**Description of the task**: Everything in the listing below from the line containing "tell_end(&self.far, 1 - self.bearer, event)" through the line containing "self.new ≡ forgotten" must be repeated exactly; the remaining lines are not wanted.

**Data for this exercise**:
impl LinkEnds {
    ghost use Rattle.tipc_pair.specs.Changeovers.{contact_begins, contact_ends, fail_over, following, forgotten, gone_down, gone_up, parted, release_near, released, risen, switch};
    ghost use Rattle.tipc_pair.specs.Courses.{AddsCourse};
    ghost use Rattle.tipc_pair.specs.Facing.{in_contact};

    /// Does what a change of the near link asks for. `epoch` is the one that the peer's frame showed, where a frame did
    /// it.
    ///
    /// # Errors
    ///
    /// Where memory runs out. The pair may be in any state then.
    #[tactic(auto, using(tipc_outside::proofs::Adding::gains_none))]
    pub(crate) fn follow(
        &mut self,
        alloc: Global,
        change: Change,
        epoch: u64,
        event: &mut Leaving,
    ) -> Result<(), NoMemory>
        requires { HasChanged self.old change }
        ensures after { OnOk result (self.new ≡ (following self.old change epoch).pair) }
        ensures adds { OnOk result (AddsCourse event.old event.new (following self.old change epoch)) }
    {
        match change {
            Change::Up => self.go_up(alloc, event),
            Change::Down(cause) => self.go_down(alloc, cause, epoch, event),
            Change::Stay => Ok(()),
            Change::Answer(_) => Ok(()),
            Change::Ignore(_) => Ok(()),
        }
    }

    /// The near link went up.
    fn go_up(&mut self, alloc: Global, event: &mut Leaving) -> Result<(), NoMemory>
        requires { is_up_at self.old.near ≡ true }
        ensures after { OnOk result (self.new ≡ (following self.old Change.Up 0).pair) }
        ensures adds { OnOk result (AddsCourse event.old event.new (following self.old Change.Up 0)) }
    {
        event.tell(self.up_told())?;
        self.begin_or_switch(alloc, event)
    }

    /// What is told of a near link that went up.
    fn up_told(&self) -> Transition
        ensures { result ≡ up_told self.now.bearer self.now.near }
    {
        let (own_epoch, peer_epoch) = match &self.near {
            Some(link) => (link.own_epoch(), link.peer_epoch().unwrap_or(0)),
            None => (0, 0),
        };
        Transition::LinkUp {
            bearer: self.bearer,
            own_epoch,
            peer_epoch,
        }
    }

    /// The first link that goes up begins the contact. A second one takes the traffic over where its priority is the
    /// higher one, which is bearer 0's.
    #[tactic(auto, using(tipc_outside::proofs::Adding::gains_none))]
    fn begin_or_switch(&mut self, alloc: Global, event: &mut Leaving) -> Result<(), NoMemory>
        requires { is_up_at self.old.near ≡ true }
        ensures after { OnOk result (self.new ≡ (gone_up self.old).pair) }
        ensures adds { OnOk result (AddsCourse event.old event.new (gone_up self.old)) }
    {
        if !self.far_is_up() {
            return self.begin_contact(alloc, event);
        }
        if self.bearer == 0 {
            return self.switch(alloc, event);
        }
        Ok(())
    }

    /// The near link went down.
    fn go_down(
        &mut self,
        alloc: Global,
        cause: Cause,
        epoch: u64,
        event: &mut Leaving,
    ) -> Result<(), NoMemory>
        requires { HasChanged self.old (Change.Down cause) }
        ensures after { OnOk result (self.new ≡ (following self.old (Change.Down cause) epoch).pair) }
        ensures adds { OnOk result (AddsCourse event.old event.new (following self.old (Change.Down cause) epoch)) }
    {
        event.tell(Transition::LinkDown {
            bearer: self.bearer,
            cause,
            shown_epoch: shown_with(cause, epoch),
        })?;
        self.fail_over_or_end(alloc, event)
    }

    /// Where the far link is up it gets what the near one leaves, which went down; else the contact ends.
    fn fail_over_or_end(&mut self, alloc: Global, event: &mut Leaving) -> Result<(), NoMemory>
        requires near { is_up_at self.old.near ≡ false }
        requires session { IfSome self.old.near (λ (e : LinkEnd). is_some e.session ≡ true) }
        requires going_on { is_last self.old.contact ≡ false }
        ensures after { OnOk result (self.new ≡ (gone_down self.old).pair) }
        ensures adds { OnOk result (AddsCourse event.old event.new (gone_down self.old)) }
    {
        if self.far_is_up() {
            return self.fail_over(alloc, event);
        }
        let seen = self.numbers.seen;
        self.end_contact(alloc, seen, 0, event)
    }

    /// The contact begins, with no message begun.
    #[tactic(auto, using(tipc_outside::proofs::Adding::gains_none))]
    fn begin_contact(&mut self, alloc: Global, event: &mut Leaving) -> Result<(), NoMemory>
        ensures after { OnOk result (self.new ≡ (contact_begins self.old).pair) }
        ensures adds { OnOk result (AddsCourse event.old event.new (contact_begins self.old)) }
    {
        let contact = self.contact_numbers();
        self.reassembly = Reassembly::new(alloc);
        event.tell(Transition::ContactUp { contact })
    }

    /// This contact ends: links that are still up go down, the node takes the next contact number, each end the next
    /// epoch, and the begun message is dropped. `seen` is the highest contact number that the peer has shown then, and
    /// `shown` is that where it ends the contact, or 0.
    fn end_contact(
        &mut self,
        alloc: Global,
        seen: u64,
        shown: u64,
        event: &mut Leaving,
    ) -> Result<(), NoMemory>
        requires { is_last self.old.contact ≡ false }
        ensures after { OnOk result (self.new ≡ (contact_ends (record self.old { seen = seen })
            (self.old.contact, self.old.seen) shown).pair) }
        ensures adds { OnOk result (AddsCourse event.old event.new
            (contact_ends (record self.old { seen = seen }) (self.old.contact, self.old.seen) shown)) }
    {
        let bearer = self.bearer;
        let contact = self.contact_numbers();
        self.face(0);
        self.tell_ended(event)?;
        self.part(alloc, seen, event);
        let states = self.states();
        self.face(bearer);
        event.tell(Transition::ContactDown {
            contact,
            states,
            shown,
        })
    }

    /// Tells which links go down with the contact: the near one, then the far one, where it is up.
    fn tell_ended(&self, event: &mut Leaving) -> Result<(), NoMemory>
        ensures { OnOk result (event.new ≡ record event.old {
          changes = event.old.changes ++ flat_map ended_with (made_of self.now.near ++ made_of self.now.far);
        }) }
    {
        tell_end(&self.near, self.bearer, event)?;
        tell_end(&self.far, 1 - self.bearer, event)
    }

    /// The node takes the next contact number, and each end its next epoch, and says RESET: the near one first. The
    /// begun message is dropped.
    fn part(&mut self, alloc: Global, seen: u64, event: &mut Leaving)
        requires { is_last self.old.contact ≡ false }
        ensures after { self.new ≡ parted (record self.old { seen = seen }) }
        ensures changes { event.new.changes ≡ event.old.changes }
        ensures frames { AddsFirst event.old.out event.new.out
            (flat_map reset_frames (made_of self.new.near ++ made_of self.new.far)) }
    {
        let own = next_number(self.numbers.own);
        self.numbers = Contact { own, seen };
        part_end(alloc, &mut self.near, own, seen, &mut event.out);
        part_end(alloc, &mut self.far, own, seen, &mut event.out);
        self.reassembly = Reassembly::new(alloc);
    }

    /// The states of the near end and the far one.
    fn states(&self) -> (Option<LinkState>, Option<LinkState>)
        ensures { result ≡ (state_of self.now.near, state_of self.now.far) }
    {
        (state_of(&self.near), state_of(&self.far))
    }

    /// The peer shows a contact number above the highest seen: a contact ends, and without contact each end forgets the
    /// peer's epoch.
    #[tactic(auto, using(tipc_outside::proofs::Adding::gains_none))]
    pub(crate) fn rise(
        &mut self,
        alloc: Global,
        number: u64,
        event: &mut Leaving,
    ) -> Result<(), NoMemory>
        ensures after { OnOk result (self.new ≡ (risen self.old number).pair) }
        ensures adds { OnOk result (AddsCourse event.old event.new (risen self.old number)) }
    {
        if self.in_contact() {
            return self.end_contact(alloc, number, number, event);
        }
        self.forget(alloc, number, event);
        Ok(())
    }

    /// Without contact each end forgets the peer's epoch, and shows this as the highest contact number that the peer
    /// has shown.
    fn forget(&mut self, alloc: Global, seen: u64, event: &mut Leaving)
        requires { in_contact self.old ≡ false }
        ensures after { self.new ≡ forgotten self.old seen }
        ensures changes { event.new.changes ≡ event.old.changes }
        ensures frames { AddsFirst event.old.out event.new.out [] }
    {
        let own = self.numbers.own;
        self.numbers.seen = seen;
        forget_end(alloc, &mut self.near, own, seen, &mut event.out);
        forget_end(alloc, &mut self.far, own, seen, &mut event.out);
    }

    /// The near link went down while the far one is up: that one gets, behind all that it has, originals of the
    /// unacknowledged packets, and the packets that waited, but for tunnel packets. (This project's profile.)
    fn fail_over(&mut self, alloc: Global, event: &mut Leaving) -> Result<(), NoMemory>
        requires near { is_up_at self.old.near ≡ false }
        requires session { IfSome self.old.near (λ (e : LinkEnd). is_some e.session ≡ true) }
        requires far { is_up_at self.old.far ≡ true }
        ensures after { OnOk result (self.new ≡ (fail_over self.old).pair) }
        ensures adds { OnOk result (AddsCourse event.old event.new (fail_over self.old)) }
    {
        let Some(near) = &mut self.near else {
            return Ok(());
        };
        let pieces = left_by(alloc, near)?;
        let Some(far) = &mut self.far else {
            return Ok(());
        };
        load(alloc, far, pieces, &mut event.out)
    }

    /// The near link went up, and becomes active in place of the far one: it gets duplicates of that one's
    /// unacknowledged packets, and behind them the packets that waited there. (This project's profile.)
    fn switch(&mut self, alloc: Global, event: &mut Leaving) -> Result<(), NoMemory>
        requires near { is_up_at self.old.near ≡ true }
        requires far { is_up_at self.old.far ≡ true }
        ensures after { OnOk result (self.new ≡ (switch self.old).pair) }
        ensures adds { OnOk result (AddsCourse event.old event.new (switch self.old)) }
    {
        let Some(far) = &mut self.far else {
            return Ok(());
        };
        let pieces = taken_over(alloc, far)?;
        let Some(near) = &mut self.near else {
            return Ok(());
        };
        load(alloc, near, pieces, &mut event.out)
    }

    /// Releases either end that is held, once the other link has no tunnel packet any more.
    #[tactic(auto, unfolding(crate::specs::Changeovers::released, crate::specs::Courses::going_on))]
    pub(crate) fn release(&mut self, alloc: Global, event: &mut Leaving)
        ensures after { self.new ≡ (released self.old).pair }
        ensures adds { AddsCourse event.old event.new (released self.old) }
        ensures quiet { event.new.changes ≡ event.old.changes }
    {
        // Each call ends here, and hardly ever is an end held: only then are the packets looked at.
        if !is_held(&self.near) && !is_held(&self.far) {
            return;
        }
        self.release_near(alloc, event);
        self.turn();
        self.release_near(alloc, event);
        self.turn();
    }

    /// Releases the near end, where it is held and the far link has no tunnel packet.
    #[tactic(auto, using(tipc_outside::proofs::Adding::gains_none))]
    fn release_near(&mut self, alloc: Global, event: &mut Leaving)
        ensures after { self.new ≡ (release_near self.old).pair }
        ensures adds { AddsCourse event.old event.new (release_near self.old) }
        ensures quiet { event.new.changes ≡ event.old.changes }
    {
        if !is_clear(&self.far) {
            return;
        }
        let_go(alloc, &mut self.near, &mut event.out);
    }
}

**Final answer**:
        tell_end(&self.far, 1 - self.bearer, event)
    }

    /// The node takes the next contact number, and each end its next epoch, and says RESET: the near one first. The
    /// begun message is dropped.
    fn part(&mut self, alloc: Global, seen: u64, event: &mut Leaving)
        requires { is_last self.old.contact ≡ false }
        ensures after { self.new ≡ parted (record self.old { seen = seen }) }
        ensures changes { event.new.changes ≡ event.old.changes }
        ensures frames { AddsFirst event.old.out event.new.out
            (flat_map reset_frames (made_of self.new.near ++ made_of self.new.far)) }
    {
        let own = next_number(self.numbers.own);
        self.numbers = Contact { own, seen };
        part_end(alloc, &mut self.near, own, seen, &mut event.out);
        part_end(alloc, &mut self.far, own, seen, &mut event.out);
        self.reassembly = Reassembly::new(alloc);
    }

    /// The states of the near end and the far one.
    fn states(&self) -> (Option<LinkState>, Option<LinkState>)
        ensures { result ≡ (state_of self.now.near, state_of self.now.far) }
    {
        (state_of(&self.near), state_of(&self.far))
    }

    /// The peer shows a contact number above the highest seen: a contact ends, and without contact each end forgets the
    /// peer's epoch.
    #[tactic(auto, using(tipc_outside::proofs::Adding::gains_none))]
    pub(crate) fn rise(
        &mut self,
        alloc: Global,
        number: u64,
        event: &mut Leaving,
    ) -> Result<(), NoMemory>
        ensures after { OnOk result (self.new ≡ (risen self.old number).pair) }
        ensures adds { OnOk result (AddsCourse event.old event.new (risen self.old number)) }
    {
        if self.in_contact() {
            return self.end_contact(alloc, number, number, event);
        }
        self.forget(alloc, number, event);
        Ok(())
    }

    /// Without contact each end forgets the peer's epoch, and shows this as the highest contact number that the peer
    /// has shown.
    fn forget(&mut self, alloc: Global, seen: u64, event: &mut Leaving)
        requires { in_contact self.old ≡ false }
        ensures after { self.new ≡ forgotten self.old seen }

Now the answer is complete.